PROVIDED DATA:
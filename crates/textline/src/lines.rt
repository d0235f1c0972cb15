ghost use Rattle.std.specs.Prelude.{◌≡◌, ◌↔◌, ◌+◌, ◌<◌, ◌^◌, [], ◌∷◌, ◌++◌, length, IsTrue, IfSome, IfNone};
ghost use Rattle.textline.specs.Lines.{Lacks, lines_of, TakesLine};

use crate::cut::split_once;
use std::marker::Model;

/// The lines of a text that are still to be read, with their numbers from 1.
#[derive(Drop)]
pub struct Lines<'a> {
    number: u32,
    text: &'a [u8],
}

impl<'a> Model for Lines<'a> {
    ghost use Rattle.std.specs.Prelude.{◌+◌, ◌<◌, ◌^◌, length};
    ghost use Rattle.textline.specs.Lines.{Ahead};

    ghost Value = { Ahead };

    ghost view = { λ a. record { number = a.number; text = a.text.now } };

    ghost invariant = { λ a. a.number + length a.text.now < 2 ^ 32 };
}

impl<'a> Lines<'a> {
    /// All the lines of the text.
    pub fn of(text: &'a [u8]) -> Lines<'a>
        requires { length text.now + 1 < 2 ^ 32 }
        ensures { result ≡ record { number = 1; text = text.now } }
    {
        Lines { number: 1, text }
    }

    /// The number of the next line, from 1.
    pub fn number(&self) -> u32
        ensures { result ≡ self.now.number }
    {
        self.number
    }

    /// Whether no byte is left.
    pub fn is_end(&self) -> bool
        ensures { IsTrue result ↔ (self.now.text ≡ []) }
    {
        self.text.is_empty()
    }

    /// Takes the next line, without its end. The last may lack its end. `None` where no byte is left.
    #[tactic(auto, using(crate::proofs::SplitLaws::lines_cut, crate::proofs::SplitLaws::lines_whole))]
    pub fn next_line(&mut self) -> Option<&'a [u8]>
        ensures line { IfSome result (λ line. TakesLine self.old.text line.now self.new.text) }
        ensures some { IfSome result (λ line. lines_of self.old.text ≡ line.now ∷ lines_of self.new.text) }
        ensures number { IfSome result (λ _. self.new.number ≡ self.old.number + 1) }
        ensures shorter { IfSome result (λ _. length self.new.text < length self.old.text) }
        ensures none { IfNone result ((self.old.text ≡ []) × (self.new ≡ self.old)) }
    {
        if self.text.is_empty() {
            return None;
        }
        self.number += 1;
        match split_once(self.text, b'\n') {
            Some((line, behind)) => {
                self.text = behind;
                Some(line)
            }
            None => {
                let line = self.text;
                self.text = &[];
                Some(line)
            }
        }
    }

    /// Takes the next line, without its end. `None` where no line with its end is left; then nothing is taken.
    pub fn next_whole(&mut self) -> Option<&'a [u8]>
        ensures some { IfSome result (λ line. Lacks 10 line.now × (self.old.text ≡ line.now ++ 10 ∷ self.new.text)) }
        ensures number { IfSome result (λ _. self.new.number ≡ self.old.number + 1) }
        ensures none { IfNone result (Lacks 10 self.old.text × (self.new ≡ self.old)) }
    {
        let (line, behind) = split_once(self.text, b'\n')?;
        self.number += 1;
        self.text = behind;
        Some(line)
    }
}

ACTION ITEM: When the line with "of the text." is reached in the data above, start copying there, and copy each line exactly until the line with "pub fn number(&self) -> u32" has been copied; copy nothing else.

ANSWER SECTION:
    /// All the lines of the text.
    pub fn of(text: &'a [u8]) -> Lines<'a>
        requires { length text.now + 1 < 2 ^ 32 }
        ensures { result ≡ record { number = 1; text = text.now } }
    {
        Lines { number: 1, text }
    }

    /// The number of the next line, from 1.
    pub fn number(&self) -> u32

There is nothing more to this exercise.